SUPPLIED MATERIAL: Begin

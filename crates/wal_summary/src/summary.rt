//! What a summary is.

ghost use Rattle.std.specs.Prelude.{◌≡◌};

use lsn_core::{ForkId, Lsn};
use std::marker::Model;

/// Numbers of blocks of a fork, rising. Contracts see the list.
#[derive(Debug, Drop)]
pub struct BlockNumbers {
    list: Vec<u32>,
}

impl Model for BlockNumbers {
    ghost use Rattle.std.specs.Prelude.{List, ℕ};

    ghost Value = { List ℕ };

    ghost view = { λ b. b.list.items };
}

impl BlockNumbers {
    /// These numbers. Takes no memory.
    pub fn from_vec(list: Vec<u32>) -> BlockNumbers
        ensures { result ≡ list.items }
    {
        BlockNumbers { list }
    }

    /// The numbers.
    pub fn as_slice(&self) -> &[u32]
        ensures { result.now ≡ self.now }
    {
        &self.list
    }
}

/// What a summary says of a fork: the least length to which it was cut in the range, or 0 where it
/// was created there, and the blocks that were touched since (pg_walsummary's limit and blocks;
/// that a limit takes off earlier blocks is our profile).
#[derive(Debug, Drop)]
pub struct ForkSummary {
    pub fork: ForkId,
    pub limit: Option<u32>,
    pub blocks: BlockNumbers,
}

/// The forks of a summary, in order: by database, relation and kind. Contracts see the list.
#[derive(Debug, Drop)]
pub struct ForkSummaries {
    list: Vec<ForkSummary>,
}

impl Model for ForkSummaries {
    ghost use Rattle.std.specs.Prelude.{List};
    ghost use Rattle.wal_summary.specs.declared.summary.ForkSummary.{ForkSummary};

    ghost Value = { List ForkSummary };

    ghost view = { λ f. f.list.items };
}

impl ForkSummaries {
    /// These forks. Takes no memory.
    pub fn from_vec(list: Vec<ForkSummary>) -> ForkSummaries
        ensures { result ≡ list.items }
    {
        ForkSummaries { list }
    }

    /// The forks.
    pub fn as_slice(&self) -> &[ForkSummary]
        ensures { result.now ≡ self.now }
    {
        &self.list
    }
}

/// The summary of the entries that start in a range of the WAL: at `start` or past it, and below
/// `end`. It was made at `made`, in seconds since 1970 UTC.
#[derive(Debug, Drop)]
pub struct Summary {
    pub start: Lsn,
    pub end: Lsn,
    pub made: u64,
    pub forks: ForkSummaries,
}
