//! The areas of a run, taken from a site and given back.

ghost use Rattle.std.specs.Prelude.{◌≡◌, ◌≤◌, ◌∷◌, ◌++◌, [], map, length, IfOk, OnOk, bytes_eq};
ghost use Rattle.std.specs.List.{list_any};
ghost use Rattle.vault.specs.Site.{AllHome};
ghost use Rattle.vault.specs.Lending.{AreDistinct, AreOut, GivesBack};
ghost use Rattle.command_base.specs.Areas.{backup_name, sums_name};
ghost use Rattle.crew.specs.Backups.{area_asked, areas_asked};
ghost use Rattle.run_command.specs.Run.{store_asks};
ghost use Rattle.run_command.specs.Inner.{held_of, AreEachOnce, AddsAsked, TakesRun};

use command_base::{backup_name, joined};
use lsn_core::{NoMemory, Text};
use scripts::{Command, Line};
use std::alloc::Global;
use store_areas::StoreAreas;
use vault::{Held, Site, TakeFault, Vault, give_all, give_one, give_two, take_all};

/// The names under which the areas of a store go back.
#[derive(Drop)]
pub struct StoreNames {
    pub wal: Text,
    pub data0: Text,
    pub data1: Text,
    pub data2: Text,
    pub data3: Text,
}

/// Notes the name of an area, unless it is noted.
fn note_name(names: &mut Vec<Text>, area: Text) -> Result<(), NoMemory>
    ensures { OnOk result (AddsAsked (area ∷ []) names.old.items names.new.items) }
{
    if !is_among(names, area.as_bytes()) {
        names.push(area)?;
    }
    Ok(())
}

/// Notes the area of a backup's directory.
fn note_backup(alloc: Global, names: &mut Vec<Text>, name: &Text) -> Result<(), NoMemory>
    ensures { OnOk result
        (AddsAsked (backup_name name.now ∷ []) names.old.items names.new.items) }
{
    note_name(names, backup_name(alloc, name.as_bytes())?)
}

/// Notes the areas of an incremental backup: its own, and that of its prior backup.
fn note_incr(
    alloc: Global,
    names: &mut Vec<Text>,
    name: &Text,
    prior: &Text,
) -> Result<(), NoMemory>
    ensures { OnOk result (AddsAsked (backup_name name.now ∷ backup_name prior.now ∷ [])
        names.old.items names.new.items) }
{
    note_backup(alloc, names, name)?;
    note_backup(alloc, names, prior)?;
    Ok(())
}

/// Notes the areas that a command asks for, beside those of every run.
fn note_areas(alloc: Global, names: &mut Vec<Text>, command: &Command) -> Result<(), NoMemory>
    ensures { OnOk result (AddsAsked (area_asked command.now) names.old.items names.new.items) }
{
    match command {
        Command::Full(name) => note_backup(alloc, names, name),
        Command::Incr(name, prior) => note_incr(alloc, names, name, prior),
        Command::Insert(_)
        | Command::Grow(_, _, _)
        | Command::Checkpoint
        | Command::Flush(_)
        | Command::Summarise => Ok(()),
    }
}

/// Whether a name is among these.
fn is_among(names: &[Text], name: &[u8]) -> bool
    ensures { result ≡ list_any (bytes_eq name.now) names.now }
{
    names.iter().any(|other| name == other.as_bytes())
}

/// The areas that lines ask for beside those of every run, each once.
pub fn asked_areas(alloc: Global, lines: &[Line]) -> Result<Vec<Text>, NoMemory>
    ensures { IfOk result (λ names. AreEachOnce (areas_asked lines.now) names.items) }
{
    let mut names = Vec::new(alloc);
    for line in lines {
        note_areas(alloc, &mut names, &line.command)?;
    }
    Ok(names)
}

/// Puts names behind others.
pub fn keep_names(names: &mut Vec<Text>, more: Vec<Text>) -> Result<(), NoMemory>
    ensures { OnOk result (names.new.items ≡ names.old.items ++ more.items) }
{
    for name in more {
        names.push(name)?;
    }
    Ok(())
}

/// Puts names of areas behind others.
fn push_names(alloc: Global, names: &mut Vec<Text>, more: &[&[u8]]) -> Result<(), NoMemory>
    ensures { OnOk result
        (names.new.items ≡ names.old.items ++ map (λ name. name.now) more.now) }
{
    for name in more {
        names.push(joined(alloc, &[name])?)?;
    }
    Ok(())
}

/// The areas that a run asks for: behind these of its backups that of summaries, and those of the
/// store.
pub fn run_names(alloc: Global, backups: Vec<Text>) -> Result<Vec<Text>, NoMemory>
    ensures { IfOk result
        (λ names. names.items ≡ (backups.items ++ (sums_name ∷ [])) ++ store_asks) }
{
    let mut names = backups;
    push_names(
        alloc,
        &mut names,
        &[b"sums", b"wal", b"data0", b"data1", b"data2", b"data3"],
    )?;
    Ok(names)
}

/// The last five areas of a list, as those of a store.
fn five_of<V: Vault>(held: &mut Vec<Held<V>>) -> (StoreNames, StoreAreas<V>)
    requires { 5 ≤ length held.old.items }
    ensures { held.old.items ≡ held.new.items ++ held_of result.0 result.1 }
{
    match (held.pop(), held.pop(), held.pop(), held.pop(), held.pop()) {
        (Some(fifth), Some(fourth), Some(third), Some(second), Some(first)) => (
            StoreNames {
                wal: first.name,
                data0: second.name,
                data1: third.name,
                data2: fourth.name,
                data3: fifth.name,
            },
            StoreAreas {
                wal: first.area,
                data0: second.area,
                data1: third.area,
                data2: fourth.area,
                data3: fifth.area,
            },
        ),
        _ => unreachable!(),
    }
}

/// The last area of a list.
fn last_of<V: Vault>(held: &mut Vec<Held<V>>) -> Held<V>
    requires { 1 ≤ length held.old.items }
    ensures { held.old.items ≡ held.new.items ++ (result ∷ []) }
{
    match held.pop() {
        Some(one) => one,
        None => unreachable!(),
    }
}

/// Takes the areas of a run, or none of them: those of its backups, that of summaries, and those of
/// its store.
pub fn take_run<S: Site>(
    alloc: Global,
    site: &mut S,
    names: Vec<Text>,
) -> Result<
    (
        Vec<Held<S::Area>>,
        Held<S::Area>,
        StoreNames,
        StoreAreas<S::Area>,
    ),
    TakeFault,
>
    requires distinct { AreDistinct names.items }
    requires many { 6 ≤ length names.items }
    requires home { AllHome (S.areas site.old) }
    ensures takes { TakesRun S.Site S.Area.Vault names.items site.old site.new result }
{
    let mut held = take_all(alloc, site, names)?;
    let (names, areas) = five_of(&mut held);
    let sums = last_of(&mut held);
    Ok((held, sums, names, areas))
}

/// Gives the areas of backups and that of summaries back. It can't fail.
pub fn give_others<S: Site>(site: &mut S, held: Vec<Held<S::Area>>, sums: Held<S::Area>)
    requires { AreOut S.Area.Vault (S.areas site.old) (held.items ++ (sums ∷ [])) }
    ensures gives { GivesBack S.Site S.Area.Vault (held.items ++ (sums ∷ [])) site.old site.new }
{
    give_one(site, sums);
    give_all(site, held);
}

/// Gives the areas of a store back. It can't fail.
pub fn give_store<S: Site>(site: &mut S, names: StoreNames, areas: StoreAreas<S::Area>)
    requires { AreOut S.Area.Vault (S.areas site.old) (held_of names areas) }
    ensures gives { GivesBack S.Site S.Area.Vault (held_of names areas) site.old site.new }
{
    let third = Held {
        name: names.data2,
        area: areas.data2,
    };
    let fourth = Held {
        name: names.data3,
        area: areas.data3,
    };
    give_two(site, third, fourth);
    let first = Held {
        name: names.data0,
        area: areas.data0,
    };
    let second = Held {
        name: names.data1,
        area: areas.data1,
    };
    give_two(site, first, second);
    give_one(
        site,
        Held {
            name: names.wal,
            area: areas.wal,
        },
    );
}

SUPPLIED MATERIAL: End

Nothing but the lines from the one with "pub fn give_store<S: Site>(site: &mut" through the final line of the records may appear in the answer, and each must be transcribed exactly.

§ ANSWER AREA:
pub fn give_store<S: Site>(site: &mut S, names: StoreNames, areas: StoreAreas<S::Area>)
    requires { AreOut S.Area.Vault (S.areas site.old) (held_of names areas) }
    ensures gives { GivesBack S.Site S.Area.Vault (held_of names areas) site.old site.new }
{
    let third = Held {
        name: names.data2,
        area: areas.data2,
    };
    let fourth = Held {
        name: names.data3,
        area: areas.data3,
    };
    give_two(site, third, fourth);
    let first = Held {
        name: names.data0,
        area: areas.data0,
    };
    let second = Held {
        name: names.data1,
        area: areas.data1,
    };
    give_two(site, first, second);
    give_one(
        site,
        Held {
            name: names.wal,
            area: areas.wal,
        },
    );
}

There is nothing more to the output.